A method for determining the occurrence of a short parking violation,
Receiving video data in a sequence of frames provided from an associated image capture device that monitors the parking area for the duration of the vehicle stop;
Determining the presence of a vehicle captured in at least one frame of the sequence of frames;
Tracking the position of the vehicle over the sequence of frames, comprising:
Determining the spatial position of the vehicle in a plurality of frames;
Determining spatio-temporal information indicating the position of the vehicle with respect to time by associating the spatial position of the vehicle across the plurality of frames with a time at which each of the plurality of frames is captured; Tracking, including, and
Determining the duration for which the vehicle is stopped using the determined spatiotemporal information of the vehicle in response to the spatiotemporal information indicating that the vehicle has stopped.   The method of claim 1, wherein the step of determining the presence of the vehicle is performed by one of a background subtraction process, a time difference process, an optical flow process, and an initialization process.   The step of tracking the vehicle over the sequence of frames includes one of point tracking, basic geometric tracking, contour tracking, tracking based on a probability density function of object appearance, tracking based on template matching.

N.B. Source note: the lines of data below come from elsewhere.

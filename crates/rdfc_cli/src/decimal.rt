//! Decimal numerals that take no memory.
ghost use Rattle.std.specs.Prelude.{◌≡◌};
ghost use Rattle.rdf_terms.specs.Numeral.{numeral};

use std::marker::Model;

// The numeral of a number, which takes no memory.
#[derive(Drop)]
pub(crate) struct Decimal {
    digits: [u8; 20],
    start: usize,
}

impl Model for Decimal {
    ghost use Rattle.std.specs.Prelude.{◌≤◌, drop};
    ghost use Rattle.rdf_terms.specs.Lists.{Text};

    ghost Value = { Text };

    ghost view = { λ d. drop d.start d.digits };

    ghost invariant = { λ d. d.start ≤ 20 };
}

impl Decimal {
    pub(crate) fn of(number: u64) -> Self
        ensures { result ≡ numeral number }
    {
        let mut digits = [b'0'; 20];
        let mut start = 19;
        let mut rest = number;
        while rest > 9 {
            digits[start] = b'0' + (rest % 10) as u8;
            rest /= 10;
            start -= 1;
        }
        digits[start] = b'0' + rest as u8;
        Decimal { digits, start }
    }

    pub(crate) fn as_bytes(&self) -> &[u8]
        ensures { result.now ≡ self.now }
    {
        &self.digits[self.start..]
    }
}
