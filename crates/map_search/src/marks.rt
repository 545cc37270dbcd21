//! Marks of places, of which the next one is found in logarithmic time.
ghost use Rattle.std.specs.Prelude.{◌≡◌, ℕ, ◌+◌, ◌*◌, ◌<◌, ◌≤◌, ◌^◌, true, false, length, IfOk, IfSome, IfNone, if◌then◌else◌, ◌==◌};
ghost use Rattle.map_search.specs.Marks.{mark_at, IsNextMark, NoMark, AreAbove};

use rdf_terms::NoMemory;
use std::alloc::Global;
use std::marker::Model;

/// A mark for each of some places. Behind them stands for each two of them whether one has a mark, for
/// each two of those again, and so on up to place 1, which says whether any has.
#[derive(Drop)]
pub struct Marks {
    marks: Vec<bool>,
    width: usize,
    height: usize,
}

impl Model for Marks {
    ghost use Rattle.std.specs.Prelude.{List, Bool, drop};
    ghost use Rattle.map_search.specs.Marks.{AreMarks};

    ghost Value = { List Bool };

    ghost view = { λ m. drop m.width m.marks.items };

    ghost invariant = { λ m. AreMarks m.marks.items m.width m.height };
}

// The first marked place from `at` on, before the end of its row, which has half as many places as
// there are before its end.
fn next_at(marks: &[bool], at: usize, end: usize, height: usize) -> Option<usize>
    requires above { AreAbove marks.now }
    requires end { end ≡ 2 ^ height }
    requires within { end ≤ length marks.now }
    requires first { 0 < at }
    requires before { at < end }
    ensures some { IfSome result (IsNextMark marks.now at end) }
    ensures none { IfNone result (NoMark marks.now at end) }
{
    if marks[at] {
        return Some(at);
    }
    if at + 1 == end {
        return None;
    }
    if at % 2 == 0 && marks[at + 1] {
        return Some(at + 1);
    }
    if at % 2 == 0 && at + 2 == end {
        return None;
    }
    match next_at(marks, at / 2 + 1, end / 2, height - 1) {
        None => None,
        Some(above) => {
            if marks[2 * above] {
                Some(2 * above)
            } else {
                Some(2 * above + 1)
            }
        }
    }
}

impl Marks {
    /// So many places, and perhaps some more, all with a mark or all with none.
    pub fn new(alloc: Global, count: usize, mark: bool) -> Result<Self, NoMemory>
        requires { count < 2 ^ 33 }
        ensures enough { IfOk result (λ m. count ≤ length m) }
        ensures all { IfOk result (λ m. (k : ℕ) → k < length m → mark_at m k ≡ mark) }
    {
        let mut width = 1;
        let mut height = 0;
        while width < count {
            width *= 2;
            height += 1;
        }
        let marks = vec![in alloc; mark; 2 * width]?;
        Ok(Marks {
            marks,
            width,
            height,
        })
    }

    /// The first marked place from this one on.
    pub fn next(&self, from: usize) -> Option<usize>
        ensures some { IfSome result (IsNextMark self.now from (length self.now)) }
        ensures none { IfNone result (NoMark self.now from (length self.now)) }
    {
        if from >= self.width {
            return None;
        }
        match next_at(
            self.marks.as_slice(),
            self.width + from,
            2 * self.width,
            self.height + 1,
        ) {
            None => None,
            Some(at) => Some(at - self.width),
        }
    }

    pub fn set(&mut self, place: usize, mark: bool)
        requires { place < length self.old }
        ensures length { length self.new ≡ length self.old }
        ensures here { mark_at self.new place ≡ mark }
        ensures others { (k : ℕ) → (k ≡ place → ⊥) → mark_at self.new k ≡ mark_at self.old k }
    {
        let mut at = self.width + place;
        self.marks[at] = mark;
        while at > 1 {
            at /= 2;
            let above = self.marks[2 * at] || self.marks[2 * at + 1];
            self.marks[at] = above;
        }
    }
}
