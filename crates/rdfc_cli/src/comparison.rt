//! Two files, and the map of the nodes of the one to those of the other.
ghost use Rattle.std.specs.Prelude.{◌≡◌, ◌++◌, length, IfOk, IfErr, OnOk, codes};
ghost use Rattle.rdfc_cli.specs.Answers.{Content};
ghost use Rattle.rdfc_cli.specs.Forms.{HasNodesBelow, HasPairsBelow, IsFormOf, IsPairOutput, IsPairStop, IsVerdictOutput, IsVerdictStop};
ghost use Rattle.rdfc_cli.specs.Reports.{pair_line, pairs_text, label_text};

use crate::form::Form;
use crate::options::Settings;
use crate::output::Output;
use crate::report::push_label;
use crate::status::Status;
use iso_compare::{Verdict, compare_forms};
use rdf_terms::{Bytes, Label, NoMemory};
use std::alloc::Global;

fn push_pair(out: &mut Vec<u8>, label: &Label, other: &Label) -> Result<(), NoMemory>
    ensures { OnOk result (out.new.items ≡ out.old.items ++ (label_text label.now ++ (codes " " ++ (label_text other.now ++ codes "\n")))) }
{
    push_label(out, label)?;
    out.extend_from_slice(b" ")?;
    push_label(out, other)?;
    out.extend_from_slice(b"\n")?;
    Ok(())
}

// A line for each pair of nodes.
fn text_of_pairs(
    alloc: Global,
    labels: &[Label],
    others: &[Label],
    pairs: &[(u32, u32)],
) -> Result<Bytes, NoMemory>
    requires { HasPairsBelow (length labels.now) (length others.now) pairs.now }
    ensures { IfOk result (λ text. text ≡ pairs_text labels.now others.now pairs.now) }
{
    let mut out = Vec::new(alloc);
    for pair in pairs {
        let (node, partner) = *pair;
        push_pair(&mut out, &labels[node as usize], &others[partner as usize])?;
    }
    Ok(Bytes::new(out))
}

// What is written of a verdict, or the status that tells it.
fn output_of_verdict(
    alloc: Global,
    labels: &[Label],
    others: &[Label],
    verdict: Verdict,
) -> Result<Output, Status>
    requires { HasNodesBelow (length labels.now) (length others.now) verdict }
    ensures output { IfOk result (IsVerdictOutput labels.now others.now verdict) }
    ensures stops { IfErr result (IsVerdictStop verdict) }
{
    match verdict {
        Verdict::Same(map) => Ok(Output {
            text: text_of_pairs(alloc, labels, others, map.pairs.as_slice())?,
            unsettled: None,
        }),
        Verdict::Different => Err(Status::Different),
        Verdict::Undecided(tie, other) => Err(Status::Undecided(tie, other)),
    }
}

// What is written of two files by their forms, or why nothing is.
pub(crate) fn output_of_forms(
    alloc: Global,
    settings: Settings,
    first: Form,
    second: Form,
) -> Result<Output, Status>
    requires first { (content : Content) × IsFormOf settings content first }
    requires second { (content : Content) × IsFormOf settings content second }
    ensures output { IfOk result (λ output. (content other : Content) → IsFormOf settings content first → IsFormOf settings other second → IsPairOutput settings content other output) }
    ensures stops { IfErr result (λ status. (content other : Content) → IsFormOf settings content first → IsFormOf settings other second → IsPairStop settings content other status) }
{
    let limit = settings.limit;
    let Form { canon, labels } = first;
    let Form {
        canon: other,
        labels: others,
    } = second;
    let Some(canon) = canon else {
        return Err(Status::WorkLimit { file: 0, limit });
    };
    let Some(other) = other else {
        return Err(Status::WorkLimit { file: 1, limit });
    };
    let verdict = compare_forms(alloc, canon, other)?;
    output_of_verdict(alloc, &labels, &others, verdict)
}
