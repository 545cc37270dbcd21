//! What is kept of a file that is compared with another.
ghost use Rattle.std.specs.Prelude.{◌≡◌, ◌≤◌, IfOk, IfErr, IfSome};
ghost use Rattle.rdf_terms.specs.Lists.{Text};
ghost use Rattle.rdf_terms.specs.Document.{dataset as dataset_of};
ghost use Rattle.rdfc_cli.specs.Answers.{Content, Accepts, seen};
ghost use Rattle.rdfc_cli.specs.FileFaults.{content_of, IsFileFault};
ghost use Rattle.rdfc_cli.specs.Forms.{IsRun, IsFormOf};
ghost use Rattle.rdfc_cli.specs.Requests.{syntax_of, HasGoodBase};

use crate::dataset_file::read_dataset;
use crate::files::FileFault;
use crate::options::{Settings, Syntax};
use canon_core::{Canon, canonicalise};
use dataset_index::Dataset;
use ndegree_hash::Stop;
use outside::Shelf;
use rdf_terms::{Label, LabelRef, NoMemory};
use std::alloc::Global;
use std::hash::RandomState;

// The canonical run of a file's dataset, `None` where it passes the limit, and what the file calls its nodes. The
// dataset itself, with its texts, is given up.
#[derive(Debug, Drop)]
pub(crate) struct Form {
    pub(crate) canon: Option<Canon>,
    pub(crate) labels: Vec<Label>,
}

fn copy_of_label(alloc: Global, label: &Label) -> Result<Label, NoMemory>
    ensures { IfOk result (λ copy. copy ≡ label.now) }
{
    match label {
        Label::Named(name) => LabelRef::Named(name.as_str()).to_label(alloc),
        Label::Anonymous(number) => Ok(Label::Anonymous(*number)),
    }
}

// What the file calls its nodes, in their order.
fn copy_of_labels(alloc: Global, dataset: &Dataset) -> Result<Vec<Label>, NoMemory>
    ensures { IfOk result (λ labels. labels.items ≡ dataset.now.labels) }
{
    let mut labels = Vec::new(alloc);
    for node in 0..dataset.node_count() {
        labels.push(copy_of_label(alloc, dataset.label(node))?)?;
    }
    Ok(labels)
}

// What the canonical run gives, where it is within the limit.
fn run_of(alloc: Global, settings: Settings, dataset: &Dataset) -> Result<Option<Canon>, NoMemory>
    ensures { IfOk result (IsRun settings (dataset_of dataset.now)) }
{
    match canonicalise(alloc, dataset, settings.limit, settings.profile) {
        Ok(canon) => Ok(Some(canon)),
        Err(Stop::WorkLimit) => Ok(None),
        Err(Stop::NoMemory) => Err(NoMemory),
    }
}

fn form_of_dataset(alloc: Global, settings: Settings, dataset: &Dataset) -> Result<Form, NoMemory>
    ensures { IfOk result (IsFormOf settings (content_of dataset.now)) }
{
    let canon = run_of(alloc, settings, dataset)?;
    let labels = copy_of_labels(alloc, dataset)?;
    Ok(Form { canon, labels })
}

// The form of a file, which is read and judged whole before its run begins.
pub(crate) fn form_of_file<S: Shelf>(
    alloc: Global,
    keys: RandomState,
    settings: Settings,
    shelf: &mut S,
    syntax: Syntax<'_>,
    file: &str,
) -> Result<Form, FileFault>
    requires base { HasGoodBase (syntax_of syntax) }
    ensures form { IfOk result (λ form. (content : Content) × IfSome (S.told shelf.old file.now) (λ told. Accepts (syntax_of syntax.entry) told content) × IsFormOf settings content form) }
    ensures fault { IfErr result (IsFileFault (seen (syntax_of syntax.entry) S.told S.faults shelf.old shelf.new file.now)) }
    ensures told { (other : Text) → S.told shelf.new other ≡ S.told shelf.old other }
    ensures never_fell { (other : Text) → S.faults shelf.old other ≤ S.faults shelf.new other }
{
    let dataset = read_dataset(alloc, keys, shelf, syntax, file)?;
    Ok(form_of_dataset(alloc, settings, &dataset)?)
}
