//! The document that is made from a number, and the summary of its canonical run.
ghost use Rattle.std.specs.Prelude.{◌≡◌, ◌≤◌, ◌++◌, length, IfOk, IfErr, OnOk, codes};
ghost use Rattle.rdf_terms.specs.Document.{dataset as dataset_of, statements};
ghost use Rattle.canon_model.specs.Meaning.{meaning};
ghost use Rattle.canon_core.specs.Canonical.{IsCanon};
ghost use Rattle.load_document.specs.LoadDocument.{load_document};
ghost use Rattle.rdfc_cli.specs.Answers.{Accepts, States};
ghost use Rattle.rdfc_cli.specs.FileFaults.{content_of};
ghost use Rattle.rdfc_cli.specs.Outputs.{IsRunStop, IsSummaryOutput};
ghost use Rattle.rdfc_cli.specs.Words.Syntax.{nquads};
ghost use Rattle.rdfc_cli.specs.Reports.{IsSummary, summary_text};

use crate::options::Settings;
use crate::output::{Output, canonical_run};
use crate::report::{push_count, push_counts};
use crate::status::Status;
use canon_core::Canon;
use dataset_index::Dataset;
use load_document::{GREATEST_NUMBER, LEAST_NUMBER, generate};
use nquads_reader::{ReadFault, read_nquads};
use rdf_terms::{Bytes, NoMemory, Parsed};
use std::alloc::Global;
use std::hash::RandomState;

// What the document of the number states. It has no fault, so no reader refuses it.
fn read_made(alloc: Global, keys: RandomState, number: u32) -> Result<Parsed, NoMemory>
    requires least { LEAST_NUMBER ≤ number }
    requires greatest { number ≤ GREATEST_NUMBER }
    ensures { IfOk result (λ parsed. States nquads (load_document number) parsed.labels (statements parsed)) }
{
    let bytes = generate(alloc, number)?;
    match read_nquads(alloc, keys, bytes.as_slice()) {
        Ok(parsed) => Ok(parsed),
        Err(ReadFault::NoMemory) => Err(NoMemory),
        Err(_) => unreachable!(),
    }
}

// The dataset of the document that is made from the number.
pub(crate) fn made_dataset(
    alloc: Global,
    keys: RandomState,
    number: u32,
) -> Result<Dataset, NoMemory>
    requires least { LEAST_NUMBER ≤ number }
    requires greatest { number ≤ GREATEST_NUMBER }
    ensures { IfOk result (λ d. Accepts nquads (load_document number) (content_of d)) }
{
    let parsed = read_made(alloc, keys, number)?;
    let dataset = Dataset::build(alloc, parsed)?;
    // Its count tells that the dataset is valid.
    let _nodes = dataset.node_count();
    Ok(dataset)
}

fn push_hash(out: &mut Vec<u8>, canon: &Canon) -> Result<(), NoMemory>
    ensures { OnOk result (out.new.items ≡ out.old.items ++ (codes "hash " ++ ((meaning canon.now.profile).hash canon.now.bytes ++ codes "\n"))) }
{
    let hash = canon.hash();
    out.extend_from_slice(b"hash ")?;
    out.extend_from_slice(hash.as_bytes())?;
    out.extend_from_slice(b"\n")?;
    Ok(())
}

// How many quads and nodes there are, what the run counted, and the hash.
fn summary(alloc: Global, dataset: &Dataset, canon: &Canon) -> Result<Bytes, NoMemory>
    ensures { IfOk result (λ text. text ≡ summary_text (length dataset.now.quads) (length dataset.now.labels) canon.now.units canon.now.ties canon.now.joined ((meaning canon.now.profile).hash canon.now.bytes)) }
{
    let mut out = Vec::new(alloc);
    push_count(&mut out, "quads", dataset.quads().len() as u64)?;
    push_count(&mut out, "nodes", dataset.node_count() as u64)?;
    push_counts(&mut out, canon)?;
    push_hash(&mut out, canon)?;
    Ok(Bytes::new(out))
}

fn output_of_run(alloc: Global, dataset: &Dataset, canon: Canon) -> Result<Output, NoMemory>
    requires { IsCanon (meaning canon.profile) (dataset_of dataset.now) canon }
    ensures text { IfOk result (λ output. IsSummary (meaning canon.profile) (dataset_of dataset.now) output.text) }
    ensures unsettled { IfOk result (λ output. output.unsettled ≡ canon.unsettled) }
{
    let text = summary(alloc, dataset, &canon)?;
    Ok(Output {
        text,
        unsettled: canon.unsettled,
    })
}

// The summary of a dataset, or how the run stops.
pub(crate) fn summary_output(
    alloc: Global,
    settings: Settings,
    dataset: &Dataset,
) -> Result<Output, Status>
    ensures output { IfOk result (IsSummaryOutput settings dataset.now) }
    ensures stops { IfErr result (IsRunStop settings dataset.now) }
{
    let canon = canonical_run(alloc, settings, dataset)?;
    Ok(output_of_run(alloc, dataset, canon)?)
}
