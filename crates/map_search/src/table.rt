//! Numbers that are found under two others, in order, of which some have gone.
ghost use Rattle.std.specs.Prelude.{◌≡◌, ℕ, ◌<◌, ◌≤◌, ◌^◌, Bool, true, length, All, EachIndex, slice_index, IsTrue, ◌↔◌, ◌⊎◌, IfOk, IfSome, IfNone};
ghost use Rattle.rdf_terms.specs.Lists.{In, AreDistinct, Permutes};
ghost use Rattle.map_search.specs.Marks.{mark_at};
ghost use Rattle.map_search.specs.Table.{entry_at, HasEntry, IsLeastValue, IsStart, is_before};

use crate::marks::Marks;
use rdf_terms::NoMemory;
use std::alloc::Global;
use std::marker::Model;

// A number that is found under the first two, and the place of its triple.
#[derive(Clone, Copy, Debug, PartialEq, Eq, PartialOrd, Ord)]
pub(crate) struct Entry {
    pub(crate) first: u32,
    pub(crate) second: u32,
    pub(crate) value: u32,
    pub(crate) quad: u32,
}

// Entries in order, each once, and which of them are there.
#[derive(Drop)]
pub(crate) struct Table {
    entries: Vec<Entry>,
    marks: Marks,
}

impl Model for Table {
    ghost use Rattle.map_search.specs.Table.{TableView, IsTable};

    ghost Value = { TableView };

    ghost view = { λ t. record { entries = t.entries.items; marks = t.marks } };

    ghost invariant = { λ t. IsTable (record { entries = t.entries.items; marks = t.marks }) };
}

// In order of all four numbers.
fn is_below(a: Entry, b: Entry) -> bool
    ensures { result ≡ is_before a b }
{
    a.first < b.first
        || a.first == b.first
            && (a.second < b.second
                || a.second == b.second
                    && (a.value < b.value || a.value == b.value && a.quad < b.quad))
}

// The place of the first entry that is not below this one.
fn start_of(entries: &[Entry], sought: Entry) -> usize
    requires { (i j : ℕ) → i < j → j < length entries.now → is_before (entry_at entries.now i) (entry_at entries.now j) ≡ true }
    ensures { IsStart entries.now sought result }
{
    let mut low = 0;
    let mut high = entries.len();
    while low < high {
        let middle = low + (high - low) / 2;
        if is_below(entries[middle], sought) {
            low = middle + 1;
        } else {
            high = middle;
        }
    }
    low
}

impl Table {
    // The entries, all of which are there.
    pub(crate) fn build(alloc: Global, entries: Vec<Entry>) -> Result<Self, NoMemory>
        requires distinct { AreDistinct entries.items }
        requires bound { length entries.items < 2 ^ 33 }
        ensures permutes { IfOk result (λ t. Permutes entries.items t.entries) }
        ensures all { IfOk result (λ t. (k : ℕ) → k < length t.entries → mark_at t.marks k ≡ true) }
    {
        let mut entries = entries;
        let marks = Marks::new(alloc, entries.len(), true)?;
        entries.sort_unstable();
        Ok(Table { entries, marks })
    }

    // The least number from `from` on that is found under these two.
    pub(crate) fn least(&self, first: u32, second: u32, from: u32) -> Option<u32>
        ensures some { IfSome result (IsLeastValue self.now first second from) }
        ensures none { IfNone result ((value : ℕ) → from ≤ value → ¬ (HasEntry self.now first second value)) }
    {
        let start = start_of(
            self.entries.as_slice(),
            Entry {
                first,
                second,
                value: from,
                quad: 0,
            },
        );
        match self.marks.next(start) {
            None => None,
            Some(at) => {
                if at < self.entries.len()
                    && self.entries[at].first == first
                    && self.entries[at].second == second
                {
                    Some(self.entries[at].value)
                } else {
                    None
                }
            }
        }
    }

    // How many entries there are under these two, those that have gone among them.
    pub(crate) fn width(&self, first: u32, second: u32) -> usize {
        let start = start_of(
            self.entries.as_slice(),
            Entry {
                first,
                second,
                value: 0,
                quad: 0,
            },
        );
        let end = start_of(
            self.entries.as_slice(),
            Entry {
                first,
                second,
                value: u32::MAX,
                quad: u32::MAX,
            },
        );
        end.saturating_sub(start)
    }

    // Takes the entry away, or back.
    pub(crate) fn set(&mut self, entry: Entry, there: bool)
        requires { In entry self.old.entries }
        ensures entries { self.new.entries ≡ self.old.entries }
        ensures here { (k : ℕ) → k < length self.old.entries → entry_at self.old.entries k ≡ entry → mark_at self.new.marks k ≡ there }
        ensures others { (k : ℕ) → k < length self.old.entries → (entry_at self.old.entries k ≡ entry → ⊥) → mark_at self.new.marks k ≡ mark_at self.old.marks k }
    {
        let place = start_of(self.entries.as_slice(), entry);
        self.marks.set(place, there);
    }
}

The method according to claim 1, realized by: In determining the spatial position of the vehicle,
The method of claim 1, comprising monitoring the position of the vehicle using the output value of the tracking algorithm.   The method of claim 4, wherein the monitoring is performed at predetermined time intervals corresponding to a plurality of integers inversely proportional to the video frame rate. A system for determining the occurrence of a short parking violation,
A video buffering module adapted to receive video data in a sequence of frames supplied by an image capture device that communicates with the video capture device and monitors the parking area for a duration of vehicle stoppage;
A vehicle detection module adapted to determine the presence of a vehicle captured in at least one frame of the sequence of frames;
A vehicle tracking module adapted to track the spatial position of the vehicle over the sequence of frames;
A stopped vehicle monitoring module adapted to determine whether the vehicle has stopped using the spatial position over the sequence of frames;
A time measurement module applied to determine the duration of time the vehicle is stopped using spatio-temporal information; and
A system including a processor adapted to execute the module and a monitoring device.   The system of claim 6, wherein the vehicle detection module is adapted to perform one of a background subtraction process, a time difference process, and an optical flow process.   The vehicle tracking module is adapted to perform one of point tracking, basic geometric tracking, contour tracking, tracking based on probability density function of object appearance, tracking based on template matching. The system described in.   The system of claim 6, wherein the stopped vehicle monitoring module is adapted to monitor the position of the vehicle using an output value of a tracking algorithm.   The system of claim 6, wherein the stopped vehicle monitoring module monitors at predetermined time intervals corresponding to a plurality of integers inversely proportional to the video frame rate.